Required action
Once the line with "let inner: [Row;" is found in the entries below, repeat it and each following line exactly, up to and including the line with "item::ROOT_REF, 257, 0)?". Add no other lines.
*** Opening Data to use ***
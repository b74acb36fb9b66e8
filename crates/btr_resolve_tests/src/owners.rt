// Which extents have an address, in which trees.
use super::scene::{Content, DATA, FRONT, MIDDLE, Row, Scene, TREES, add, part};
use btr_items::{Shape, item};
use btr_make_blocks::Items;
use btr_volume::Stop;
use btr_walk::TreeFault;
use std::alloc::Global;
use std::process::Abort;
use std::test::Fail;

// The top directory has itself as its parent; a file in it has an extent from the second sector of the data on.
const FILE: [Row; 3] = [
    (256, item::INODE_REF, 256, Content::Name(0, b"..")),
    (257, item::INODE_REF, 256, Content::Name(2, b"f")),
    (257, item::EXTENT_DATA, 0, MIDDLE),
];

fn told(rt: &impl Abort, scene: Scene, addr: u64, count: u64, text: &[u8]) -> Result<(), Fail> {
    let found = scene.owners(addr, 0)?;
    assert_eq!(rt; found.result, Ok(count));
    assert_eq!(rt; found.out.text(), text);
    Ok(())
}

// The first and the last byte that the file has of the extent, and those beside them.
#[test]
fn the_ends_of_an_extent(rt: HostRuntime) -> Result<(), Fail> {
    let first = b"tree 5 inode 257 position 0 path /f\nowners 1\n";
    let last = b"tree 5 inode 257 position 8191 path /f\nowners 1\n";
    for (addr, count, text) in [
        (DATA + 4095, 0, b"owners 0\n".as_slice()),
        (DATA + 4096, 1, first),
        (DATA + 12287, 1, last),
        (DATA + 12288, 0, b"owners 0\n"),
    ] {
        let scene = Scene::new(rt.alloc())?.with_rows(5, &FILE)?;
        told(&rt, scene, addr, count, text)?;
    }
    Ok(())
}

// Two files have other parts of one extent, and one has the same byte twice.
#[test]
fn a_shared_extent(rt: HostRuntime) -> Result<(), Fail> {
    let rows: [Row; 7] = [
        (257, item::INODE_REF, 256, Content::Name(2, b"f")),
        (257, item::EXTENT_DATA, 0, part(DATA, 4096)),
        (257, item::EXTENT_DATA, 8192, part(DATA, 0)),
        (258, item::INODE_REF, 256, Content::Name(3, b"g")),
        (258, item::EXTENT_DATA, 4096, part(DATA, 8192)),
        (259, item::INODE_REF, 256, Content::Name(4, b"h")),
        (259, item::EXTENT_DATA, 0, part(DATA, 0)),
    ];
    let text =
        b"tree 5 inode 257 position 4100 path /f\ntree 5 inode 258 position 4100 path /g\nowners 2\n";
    let scene = Scene::new(rt.alloc())?.with_rows(5, &rows)?;
    told(&rt, scene, DATA + 8196, 2, text)?;
    let text =
        b"tree 5 inode 257 position 1 path /f\ntree 5 inode 257 position 12289 path /f\ntree 5 inode 259 position 4097 path /h\nowners 3\n";
    let scene = Scene::new(rt.alloc())?.with_rows(5, &rows)?;
    told(&rt, scene, DATA + 4097, 3, text)
}

// A compressed extent has its bytes on the disk, wherever they are in the file; a preallocated one is like one with data, a hole and an
// inline extent have no byte on the disk.
#[test]
fn extents_of_each_kind(rt: HostRuntime) -> Result<(), Fail> {
    let packed = Content::Extent(
        3,
        Shape::Regular {
            addr: DATA,
            disk_len: 4096,
            skip: 8192,
            len: 16384,
        },
    );
    let prealloc = Content::Extent(
        0,
        Shape::Prealloc {
            addr: DATA + 4096,
            disk_len: 8192,
            skip: 4096,
            len: 4096,
        },
    );
    let rows: [Row; 6] = [
        (257, item::INODE_REF, 256, Content::Name(2, b"f")),
        (257, item::EXTENT_DATA, 4096, packed),
        (257, item::EXTENT_DATA, 20480, part(0, 0)),
        (257, item::EXTENT_DATA, 28672, prealloc),
        (258, item::INODE_REF, 256, Content::Name(3, b"g")),
        (
            258,
            item::EXTENT_DATA,
            0,
            Content::Extent(0, Shape::Inline { len: 9 }),
        ),
    ];
    let at_packed = b"tree 5 inode 257 position 4096 path /f\nowners 1\n";
    let at_prealloc = b"tree 5 inode 257 position 28673 path /f\nowners 1\n";
    for (addr, count, text) in [
        (DATA, 1, at_packed.as_slice()),
        (DATA + 4095, 1, at_packed),
        (DATA + 4096, 0, b"owners 0\n"),
        (DATA + 8193, 1, at_prealloc),
    ] {
        let scene = Scene::new(rt.alloc())?.with_rows(5, &rows)?;
        told(&rt, scene, addr, count, text)?;
    }
    Ok(())
}

// A snapshot has the extents of its subvolume too. Trees of other ids are no subvolumes: not the extent tree, nor the one with the id minus 9.
#[test]
fn each_subvolume(rt: HostRuntime) -> Result<(), Fail> {
    let last = u64::MAX - 255;
    let mut text = Vec::new(rt.alloc());
    for id in ["5", "256", "300", "18446744073709551360"] {
        let line = format!(in rt.alloc(); "tree {} inode 257 position 0 path /f\n", id)?;
        text.extend_from_slice(line.as_bytes())?;
    }
    text.extend_from_slice(b"owners 4\n")?;
    let mut scene = Scene::new(rt.alloc())?;
    for id in [300, 2, 256, 255, 5, last, u64::MAX - 8] {
        if id == 2 || id == 255 || id == u64::MAX - 8 {
            // No block of such a tree is read: its root stands in no chunk.
            scene = scene.with_root(id, 0, u64::MAX - 8191)?;
        } else {
            scene = scene.with_rows(id, &FILE)?;
        }
    }
    told(&rt, scene, DATA + 4096, 4, text.as_slice())
}

// A subvolume in a directory of another one, and in that a snapshot of the first: a path begins at the top of its own subvolume, and the names of subvolumes
// in the root tree aren't read.
#[test]
fn nested_subvolumes(rt: HostRuntime) -> Result<(), Fail> {
    let outer: [Row; 2] = [
        (256, item::INODE_REF, 256, Content::Name(0, b"..")),
        (300, item::INODE_REF, 256, Content::Name(2, b"holds sub")),
    ];
    let inner: [Row; 4] = [
        (256, item::INODE_REF, 256, Content::Name(0, b"..")),
        (300, item::INODE_REF, 256, Content::Name(2, b"in sub")),
        (400, item::INODE_REF, 300, Content::Name(2, b"f")),
        (400, item::EXTENT_DATA, 4096, FRONT),
    ];
    let scene = Scene::new(rt.alloc())?
        .with_rows(5, &outer)?
        .beside(5, item::ROOT_REF, 256, 3)?
        .with_rows(256, &inner)?
        .beside(256, item::ROOT_BACKREF, 5, 3)?
        .beside(256, item::ROOT_REF, 257, 0)?
        .with_rows(257, &inner)?
        .beside(257, item::ROOT_BACKREF, 256, 0)?;
    let text =
        b"tree 256 inode 400 position 4101 path /in sub/f\ntree 257 inode 400 position 4101 path /in sub/f\nowners 2\n";
    told(&rt, scene, DATA + 5, 2, text)
}

// Of several ROOT_ITEMs of one id the one with the greatest offset has the tree, which is told once.
#[test]
fn one_tree_for_each_id(rt: HostRuntime) -> Result<(), Fail> {
    let scene = Scene::new(rt.alloc())?
        .with_rows(256, &FILE)?
        .with_root(257, 3, u64::MAX - 8191)?
        .with_root(257, 9, TREES)?;
    let text =
        b"tree 256 inode 257 position 0 path /f\ntree 257 inode 257 position 0 path /f\nowners 2\n";
    told(&rt, scene, DATA + 4096, 2, text)
}

// An owner is told before the items behind it are looked at.
fn breaks(rt: &impl Abort, alloc: Global, row: Row, leaf: u64) -> Result<(), Fail> {
    let mut items = Items::new(alloc);
    add(alloc, &mut items, &FILE)?;
    add(alloc, &mut items, &[row])?;
    let found = Scene::new(alloc)?.with(5, items)?.owners(DATA + 4096, 0)?;
    assert_eq!(rt; found.result, Err(Stop::Tree(TreeFault::Malformed(leaf))));
    assert_eq!(rt;
        found.out.text(),
        b"tree 5 inode 257 position 0 path /f\n".as_slice()
    );
    Ok(())
}

#[test]
fn extents_that_are_broken(rt: HostRuntime) -> Result<(), Fail> {
    let overlapping = (257, item::EXTENT_DATA, 4096, part(DATA, 0));
    breaks(&rt, rt.alloc(), overlapping, TREES)?;
    let short = (258, item::EXTENT_DATA, 0, Content::Zeros(20));
    breaks(&rt, rt.alloc(), short, TREES)
}

// An extent of the next file begins before the end of the one before.
#[test]
fn extents_of_the_next_file(rt: HostRuntime) -> Result<(), Fail> {
    let mut items = Items::new(rt.alloc());
    add(rt.alloc(), &mut items, &FILE)?;
    let next: [Row; 1] = [(258, item::EXTENT_DATA, 0, part(DATA, 0))];
    add(rt.alloc(), &mut items, &next)?;
    let scene = Scene::new(rt.alloc())?.with(5, items)?;
    let text =
        b"tree 5 inode 257 position 0 path /f\ntree 5 inode 258 position 4096 path ?\nowners 2\n";
    told(&rt, scene, DATA + 4096, 2, text)
}

// Items of other types aren't read by their form.
#[test]
fn items_that_are_not_read(rt: HostRuntime) -> Result<(), Fail> {
    let mut items = Items::new(rt.alloc());
    add(rt.alloc(), &mut items, &FILE)?;
    let other: [Row; 2] = [
        (257, item::INODE_ITEM, 0, Content::Zeros(3)),
        (300, item::INODE_REF, 256, Content::Zeros(3)),
    ];
    add(rt.alloc(), &mut items, &other)?;
    let scene = Scene::new(rt.alloc())?.with(5, items)?;
    let text = b"tree 5 inode 257 position 0 path /f\nowners 1\n";
    told(&rt, scene, DATA + 4096, 1, text)
}

// Two subvolumes of two levels each, with an owner in the last leaf of the first and in both leaves of the second.
fn of_two_levels(alloc: Global) -> Result<Scene, Fail> {
    let first: [Row; 6] = [
        (257, item::INODE_REF, 256, Content::Name(2, b"d")),
        (258, item::INODE_REF, 256, Content::Name(3, b"e")),
        (259, item::INODE_REF, 257, Content::Name(2, b"x")),
        (260, item::INODE_REF, 258, Content::Name(2, b"y")),
        (261, item::INODE_REF, 258, Content::Name(2, b"z")),
        (261, item::EXTENT_DATA, 0, FRONT),
    ];
    let second: [Row; 6] = [
        (257, item::INODE_REF, 256, Content::Name(2, b"d")),
        (258, item::INODE_REF, 257, Content::Name(2, b"e")),
        (259, item::INODE_REF, 258, Content::Name(2, b"x")),
        (259, item::EXTENT_DATA, 0, FRONT),
        (260, item::INODE_REF, 258, Content::Name(2, b"y")),
        (260, item::EXTENT_DATA, 0, FRONT),
    ];
    Scene::new(alloc)?
        .with_rows(5, &first)?
        .with_rows(256, &second)
}

// Each read on the way to these owners fails in turn, behind the opening, which is call 1: of the root tree's one block, and of three of each subvolume, which
// are kept once they were read. What was told before it stands.
#[test]
fn each_read_that_fails(rt: HostRuntime) -> Result<(), Fail> {
    let whole =
        b"tree 5 inode 261 position 0 path /e/z\ntree 256 inode 259 position 0 path /d/e/x\ntree 256 inode 260 position 0 path /d/e/y\nowners 3\n";
    let none = b"".as_slice();
    let one = b"tree 5 inode 261 position 0 path /e/z\n".as_slice();
    let two = b"tree 5 inode 261 position 0 path /e/z\ntree 256 inode 259 position 0 path /d/e/x\n";
    for (n, before) in [
        (2, none),
        (3, none),
        (4, none),
        (5, none),
        (6, one),
        (7, one),
        (8, two),
    ] {
        let found = of_two_levels(rt.alloc())?.owners(DATA, n)?;
        assert!(rt; matches!(found.result, Err(Stop::Tree(TreeFault::Unread(_, 0)))));
        assert_eq!(rt; found.out.text(), before);
    }
    let found = of_two_levels(rt.alloc())?.owners(DATA, 9)?;
    assert_eq!(rt; found.result, Ok(3));
    assert_eq!(rt; found.out.text(), whole.as_slice());
    Ok(())
}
*** Closing Data to use ***
Exercise result
    let inner: [Row; 4] = [
        (256, item::INODE_REF, 256, Content::Name(0, b"..")),
        (300, item::INODE_REF, 256, Content::Name(2, b"in sub")),
        (400, item::INODE_REF, 300, Content::Name(2, b"f")),
        (400, item::EXTENT_DATA, 4096, FRONT),
    ];
    let scene = Scene::new(rt.alloc())?
        .with_rows(5, &outer)?
        .beside(5, item::ROOT_REF, 256, 3)?
        .with_rows(256, &inner)?
        .beside(256, item::ROOT_BACKREF, 5, 3)?
        .beside(256, item::ROOT_REF, 257, 0)?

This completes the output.